Task objective:
Every entry below should be written out again exactly.

Stored data entries
ghost use Rattle.std.specs.Prelude.{◌≡◌, IfOk, OnErr};
ghost use Rattle.br_model.specs.View.{IsView};
ghost use Rattle.br_model.specs.Console as model;
ghost use Rattle.br_tree.specs.Marking.{console_at};
ghost use Rattle.br_mark.specs.Applied.{Finds, Goes, Runs};
ghost use Rattle.br_mark.specs.Said.{said};

use crate::answer::Answer;
use crate::command::Command;
use crate::console_lines::cwd_line;
use crate::fault::MarkFault;
use crate::working_folder::resolve;
use crate::{marks, shows};
use br_tree::Tree;
use br_types::Path;
use std::alloc::{AllocError, Global};
use std::marker::Model;

/// Goes to the directory to which a way leads, and returns the line that shows it; `NoSuchDirectory` if there is none.
#[tactic(auto, unfolding(br_model::specs::Console::apply))]
fn go(
    alloc: Global,
    tree: &Tree<'_>,
    directory: &mut Vec<u8>,
    way: &[u8],
) -> Result<Vec<u8>, MarkFault>
    ensures answers { Goes directory.old.items directory.new.items tree.now (model.Cd way.now) result }
    ensures err { OnErr result (directory.new.items ≡ directory.old.items) }
{
    let reached = resolve(alloc, directory, way)?;
    if !tree.has_dir(&reached) {
        return Err(MarkFault::NoSuchDirectory);
    }
    let text = cwd_line(alloc, &reached)?;
    *directory = reached;
    Ok(text)
}

/// A directory of a view, and the marks on its paths, which commands walk through and change.
#[derive(Drop)]
pub struct Console<'h> {
    tree: Tree<'h>,
    directory: Vec<u8>,
    alloc: Global,
}

impl<'h> Model for Console<'h> {
    ghost use Rattle.br_tree.specs.Marking.{console_at};
    ghost use Rattle.br_mark.specs.Seen.{Situation};

    ghost Value = { Situation };

    ghost view = { λ c. record { view = c.tree.view; state = console_at c.directory.items c.tree } };
}

impl<'h> Console<'h> {
    /// Makes a console at `/`, with the marks of the tree. It keeps the allocator.
    pub fn new(alloc: Global, tree: Tree<'h>) -> Result<Console<'h>, AllocError>
        ensures { IfOk result (λ c. c ≡ record { view = tree.entry.view; state = console_at model.root tree.entry }) }
    {
        let directory = Vec::from_slice(alloc, b"/")?;
        Ok(Console {
            tree,
            directory,
            alloc,
        })
    }

    /// Returns the lines of the paths whose last component matches; `NoMatch` if none does.
    #[tactic(auto, unfolding(br_model::specs::Console::apply))]
    fn find(&self, pattern: &[u8]) -> Result<Vec<u8>, MarkFault>
        ensures { Finds self.now pattern.now result }
    {
        let found = self.tree.find(self.alloc, pattern)?;
        if found.is_empty() {
            return Err(MarkFault::NoMatch);
        }
        Ok(shows::found_lines(self.alloc, &found)?)
    }

    /// Runs a command. If it is refused or memory runs out, nothing changes.
    ///
    /// # Errors
    ///
    /// `NoSuchDirectory` if `cd` leads to no directory, `NoMatch` if a pattern matches nothing, or
    /// `markdir` or `unmarkdir` has no path to mark.
    #[tactic(auto, unfolding(br_model::specs::Console::apply))]
    pub fn apply(&mut self, command: &Command) -> Result<Answer, MarkFault>
        ensures answers { Runs self.old self.new (said command.now) result }
        ensures view { self.new.view ≡ self.old.view }
        ensures err { OnErr result (self.new ≡ self.old) }
    {
        let alloc = self.alloc;
        let tree = &mut self.tree;
        let directory = &mut self.directory;
        match command {
            Command::Cd(way) => Ok(Answer::Text(go(alloc, tree, directory, way)?)),
            Command::Pwd => Ok(Answer::Text(cwd_line(alloc, directory)?)),
            Command::Ls(None) => Ok(Answer::Text(shows::list(alloc, tree, directory)?)),
            Command::Ls(Some(pattern)) => {
                let text = shows::list_matching(alloc, tree, directory, pattern)?;
                Ok(Answer::Text(text))
            }
            Command::Mark(pattern) => marks::mark(alloc, tree, directory, pattern),
            Command::Unmark(pattern) => marks::unmark(alloc, tree, directory, pattern),
            Command::MarkDir(pattern) => marks::mark_dir(alloc, tree, directory, pattern),
            Command::UnmarkDir(pattern) => marks::unmark_dir(alloc, tree, directory, pattern),
            Command::Count => Ok(Answer::Text(shows::count(alloc, tree)?)),
            Command::LsMark => Ok(Answer::Text(shows::list_marked(alloc, tree, directory)?)),
            Command::Find(pattern) => Ok(Answer::Text(self.find(pattern)?)),
            Command::Estimate => Ok(Answer::Text(shows::estimate(alloc, tree)?)),
            Command::Done => Ok(Answer::Done),
            Command::Quit => Ok(Answer::Quit),
        }
    }

    /// Returns the view with the marks on its paths.
    pub fn tree(&self) -> &Tree<'h>
        ensures view { result.now.view ≡ self.now.view }
        ensures marked { result.now.marked ≡ self.now.state.marked }
    {
        &self.tree
    }

    /// Returns the marked paths in byte order.
    pub fn marked(&self, alloc: Global) -> Result<Vec<Path>, AllocError>
        ensures same { IfOk result (λ paths. paths.items ≡ self.now.state.marked) }
        ensures view { IsView self.now.view }
        ensures valid { model.IsConsole self.now.view self.now.state }
    {
        self.tree.entries();
        self.tree.marked(alloc)
    }
}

Expected answer:
ghost use Rattle.std.specs.Prelude.{◌≡◌, IfOk, OnErr};
ghost use Rattle.br_model.specs.View.{IsView};
ghost use Rattle.br_model.specs.Console as model;
ghost use Rattle.br_tree.specs.Marking.{console_at};
ghost use Rattle.br_mark.specs.Applied.{Finds, Goes, Runs};
ghost use Rattle.br_mark.specs.Said.{said};

use crate::answer::Answer;
use crate::command::Command;
use crate::console_lines::cwd_line;
use crate::fault::MarkFault;
use crate::working_folder::resolve;
use crate::{marks, shows};
use br_tree::Tree;
use br_types::Path;
use std::alloc::{AllocError, Global};
use std::marker::Model;

/// Goes to the directory to which a way leads, and returns the line that shows it; `NoSuchDirectory` if there is none.
#[tactic(auto, unfolding(br_model::specs::Console::apply))]
fn go(
    alloc: Global,
    tree: &Tree<'_>,
    directory: &mut Vec<u8>,
    way: &[u8],
) -> Result<Vec<u8>, MarkFault>
    ensures answers { Goes directory.old.items directory.new.items tree.now (model.Cd way.now) result }
    ensures err { OnErr result (directory.new.items ≡ directory.old.items) }
{
    let reached = resolve(alloc, directory, way)?;
    if !tree.has_dir(&reached) {
        return Err(MarkFault::NoSuchDirectory);
    }
    let text = cwd_line(alloc, &reached)?;
    *directory = reached;
    Ok(text)
}

/// A directory of a view, and the marks on its paths, which commands walk through and change.
#[derive(Drop)]
pub struct Console<'h> {
    tree: Tree<'h>,
    directory: Vec<u8>,
    alloc: Global,
}

impl<'h> Model for Console<'h> {
    ghost use Rattle.br_tree.specs.Marking.{console_at};
    ghost use Rattle.br_mark.specs.Seen.{Situation};

    ghost Value = { Situation };

    ghost view = { λ c. record { view = c.tree.view; state = console_at c.directory.items c.tree } };
}

impl<'h> Console<'h> {
    /// Makes a console at `/`, with the marks of the tree. It keeps the allocator.
    pub fn new(alloc: Global, tree: Tree<'h>) -> Result<Console<'h>, AllocError>
        ensures { IfOk result (λ c. c ≡ record { view = tree.entry.view; state = console_at model.root tree.entry }) }
    {
        let directory = Vec::from_slice(alloc, b"/")?;
        Ok(Console {
            tree,
            directory,
            alloc,
        })
    }

    /// Returns the lines of the paths whose last component matches; `NoMatch` if none does.
    #[tactic(auto, unfolding(br_model::specs::Console::apply))]
    fn find(&self, pattern: &[u8]) -> Result<Vec<u8>, MarkFault>
        ensures { Finds self.now pattern.now result }
    {
        let found = self.tree.find(self.alloc, pattern)?;
        if found.is_empty() {
            return Err(MarkFault::NoMatch);
        }
        Ok(shows::found_lines(self.alloc, &found)?)
    }

    /// Runs a command. If it is refused or memory runs out, nothing changes.
    ///
    /// # Errors
    ///
    /// `NoSuchDirectory` if `cd` leads to no directory, `NoMatch` if a pattern matches nothing, or
    /// `markdir` or `unmarkdir` has no path to mark.
    #[tactic(auto, unfolding(br_model::specs::Console::apply))]
    pub fn apply(&mut self, command: &Command) -> Result<Answer, MarkFault>
        ensures answers { Runs self.old self.new (said command.now) result }
        ensures view { self.new.view ≡ self.old.view }
        ensures err { OnErr result (self.new ≡ self.old) }
    {
        let alloc = self.alloc;
        let tree = &mut self.tree;
        let directory = &mut self.directory;
        match command {
            Command::Cd(way) => Ok(Answer::Text(go(alloc, tree, directory, way)?)),
            Command::Pwd => Ok(Answer::Text(cwd_line(alloc, directory)?)),
            Command::Ls(None) => Ok(Answer::Text(shows::list(alloc, tree, directory)?)),
            Command::Ls(Some(pattern)) => {
                let text = shows::list_matching(alloc, tree, directory, pattern)?;
                Ok(Answer::Text(text))
            }
            Command::Mark(pattern) => marks::mark(alloc, tree, directory, pattern),
            Command::Unmark(pattern) => marks::unmark(alloc, tree, directory, pattern),
            Command::MarkDir(pattern) => marks::mark_dir(alloc, tree, directory, pattern),
            Command::UnmarkDir(pattern) => marks::unmark_dir(alloc, tree, directory, pattern),
            Command::Count => Ok(Answer::Text(shows::count(alloc, tree)?)),
            Command::LsMark => Ok(Answer::Text(shows::list_marked(alloc, tree, directory)?)),
            Command::Find(pattern) => Ok(Answer::Text(self.find(pattern)?)),
            Command::Estimate => Ok(Answer::Text(shows::estimate(alloc, tree)?)),
            Command::Done => Ok(Answer::Done),
            Command::Quit => Ok(Answer::Quit),
        }
    }

    /// Returns the view with the marks on its paths.
    pub fn tree(&self) -> &Tree<'h>
        ensures view { result.now.view ≡ self.now.view }
        ensures marked { result.now.marked ≡ self.now.state.marked }
    {
        &self.tree
    }

    /// Returns the marked paths in byte order.
    pub fn marked(&self, alloc: Global) -> Result<Vec<Path>, AllocError>
        ensures same { IfOk result (λ paths. paths.items ≡ self.now.state.marked) }
        ensures view { IsView self.now.view }
        ensures valid { model.IsConsole self.now.view self.now.state }
    {
        self.tree.entries();
        self.tree.marked(alloc)
    }
}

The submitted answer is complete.